▶ _Exercise brief_
The material below contains a line with "let used = self.0.get(1).copied().unwrap_or(0);" and a line with "book stands then.". Copy exactly those two lines and all lines between them.

------------------------------------------------

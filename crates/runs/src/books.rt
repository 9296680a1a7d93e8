// What comes of a case of books:
//   form W W ..       the words are looked at as a book
//   open ROOM K       a book of that k is opened in a slice of so many words, each 9 before, and is the kept book from now on
//   lay W W ..        the kept book is these words from now on
//   teach W W ..      the order of these words is taught to the kept book
//   withdraw W W ..   the order of these words is withdrawn from it
//   ask W W ..        the order of these words is judged by it; this also says what the book expected
//   choose N W W ..   the image for an order, the first N words behind N, is chosen by it and by the rule list that the others are
//   agrees            it is checked to agree with itself
//   join              the other book, with which it changes places by `swap`, is joined to it
//   show              says every word of it
// All calls but that of `form` are made through the functions for C (`ofb`). Each call on the kept book says its answer, word 1 of the book and a
// mark of all the words of its slice; a joining also says whether the words of the other book are the same as before.
use ofb::OfbAnswer;
use runs_kit::fault::Fault;
use runs_kit::kept::{self, Kept};
use runs_kit::say::Slice;
use runs_kit::{mark, say};
use std::fmt;

// Runs a case of `form`: says the k of the book, the places where its sections R, L and P start, and its words used, or why it is none.
pub fn form(rt: &impl Print, given: &[u16]) -> Result<(), Fault> {
    match book_form::in_form(given) {
        Err(refusal) => print!(rt; "refused {}", refusal.number())?,
        Ok(places) => print!(rt;
            "k {}, R at {}, L at {}, P at {}, {} words used",
            places.k.value(),
            places.tops,
            places.lows,
            places.middles,
            places.used
        )?,
    }
    Ok(())
}

// How a book stands: its word 1, which has its words used, or 0 where there is no such word, and the mark of all its words.
#[derive(Clone, Copy)]
struct State<'a>(&'a [u16]);

impl fmt::Display for State<'_> {
    fn fmt<W: fmt::Write>(&self, f: &mut fmt::Formatter<W>) -> fmt::Result {
        let used = self.0.get(1).copied().unwrap_or(0);
        write!(f, "{used} used, mark {}", mark::of(self.0))
    }
}

// Runs a case of `open`: says the answer and every word of the slice.
pub fn open(rt: &(impl Print + AllocGlobal), given: &[u16], kept: &mut Kept) -> Result<(), Fault> {
    let &[room, k] = given else {
        return Err(Fault::NotUnderstood);
    };
    let mut book = kept::slice(rt.alloc(), room)?;
    let answer = ofb::ofb_open(&mut book, k);
    print!(rt; "{}, line {}:{}", answer.number, answer.line, Slice(&book))?;
    kept.book = book;
    Ok(())
}

// Runs a case of `lay`: says how many words there are, and how the book stands.
pub fn lay(rt: &(impl Print + AllocGlobal), given: &[u16], kept: &mut Kept) -> Result<(), Fault> {
    kept.keep_book(rt.alloc(), given)?;
    print!(rt; "{} words, {}", given.len(), State(given))?;
    Ok(())
}

// Runs a case of `show`.
pub fn show(rt: &impl Print, given: &[u16], kept: &Kept) -> Result<(), Fault> {
    if !given.is_empty() {
        return Err(Fault::NotUnderstood);
    }
    print!(rt; "words:{}", Slice(&kept.book))?;
    Ok(())
}

// Says what a call on a book answered, and how the book stands then.
fn called(rt: &impl Print, answer: OfbAnswer, book: &[u16]) -> Result<(), Fault> {
    print!(rt; "{}, line {}, {}", answer.number, answer.line, State(book))?;
    Ok(())
}

// Runs a case of `teach`.
pub fn teach(rt: &impl Print, order: &[u16], kept: &mut Kept) -> Result<(), Fault> {
    let answer = ofb::ofb_teach(&mut kept.book, order);
    called(rt, answer, &kept.book)
}

// Runs a case of `withdraw`.
pub fn withdraw(rt: &impl Print, order: &[u16], kept: &mut Kept) -> Result<(), Fault> {
    let answer = ofb::ofb_withdraw(&mut kept.book, order);
    called(rt, answer, &kept.book)
}

// Runs a case of `ask`: says the answer, what the book expected, and how the book stands.
pub fn ask(rt: &impl Print, order: &[u16], kept: &Kept) -> Result<(), Fault> {
    let judged = ofb::ofb_judge(&kept.book, order);
    let there = if judged.there == 0 {
        "not there"
    } else {
        "there"
    };
    print!(rt;
        "{}, line {}, below {}, {there}, places {} and {}, {}",
        judged.number,
        judged.line,
        judged.below,
        judged.place_below,
        judged.place_above,
        State(&kept.book)
    )?;
    Ok(())
}

// Runs a case of `choose`: says the answer, the image, and how the book stands.
pub fn choose(rt: &impl Print, given: &[u16], kept: &Kept) -> Result<(), Fault> {
    let [count, words @ ..] = given else {
        return Err(Fault::NotUnderstood);
    };
    let (order, rules) = words
        .split_at_checked(usize::from(*count))
        .ok_or(Fault::NotUnderstood)?;
    let chosen = ofb::ofb_choose(&kept.book, order, rules);
    print!(rt;
        "{}, line {}, image {}, {}",
        chosen.number,
        chosen.line,
        chosen.image,
        State(&kept.book)
    )?;
    Ok(())
}

// Runs a case of `agrees`.
pub fn agrees(rt: &impl Print, given: &[u16], kept: &Kept) -> Result<(), Fault> {
    if !given.is_empty() {
        return Err(Fault::NotUnderstood);
    }
    called(rt, ofb::ofb_check(&kept.book), &kept.book)
}

// Runs a case of `join`, and says whether the words of the other book are the same as before, by their mark.
pub fn join(rt: &impl Print, given: &[u16], kept: &mut Kept) -> Result<(), Fault> {
    if !given.is_empty() {
        return Err(Fault::NotUnderstood);
    }
    let before = mark::of(&kept.other);
    let answer = ofb::ofb_join(&mut kept.book, &kept.other);
    called(rt, answer, &kept.book)?;
    let after = mark::of(&kept.other);
    print!(rt; ", the other {}", say::came_back(after == before))?;
    Ok(())
}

------------------------------------------------

▶ _Answer to this problem_
        let used = self.0.get(1).copied().unwrap_or(0);
        write!(f, "{used} used, mark {}", mark::of(self.0))
    }
}

// Runs a case of `open`: says the answer and every word of the slice.
pub fn open(rt: &(impl Print + AllocGlobal), given: &[u16], kept: &mut Kept) -> Result<(), Fault> {
    let &[room, k] = given else {
        return Err(Fault::NotUnderstood);
    };
    let mut book = kept::slice(rt.alloc(), room)?;
    let answer = ofb::ofb_open(&mut book, k);
    print!(rt; "{}, line {}:{}", answer.number, answer.line, Slice(&book))?;
    kept.book = book;
    Ok(())
}

// Runs a case of `lay`: says how many words there are, and how the book stands.
pub fn lay(rt: &(impl Print + AllocGlobal), given: &[u16], kept: &mut Kept) -> Result<(), Fault> {
    kept.keep_book(rt.alloc(), given)?;
    print!(rt; "{} words, {}", given.len(), State(given))?;
    Ok(())
}

// Runs a case of `show`.
pub fn show(rt: &impl Print, given: &[u16], kept: &Kept) -> Result<(), Fault> {
    if !given.is_empty() {
        return Err(Fault::NotUnderstood);
    }
    print!(rt; "words:{}", Slice(&kept.book))?;
    Ok(())
}

// Says what a call on a book answered, and how the book stands then.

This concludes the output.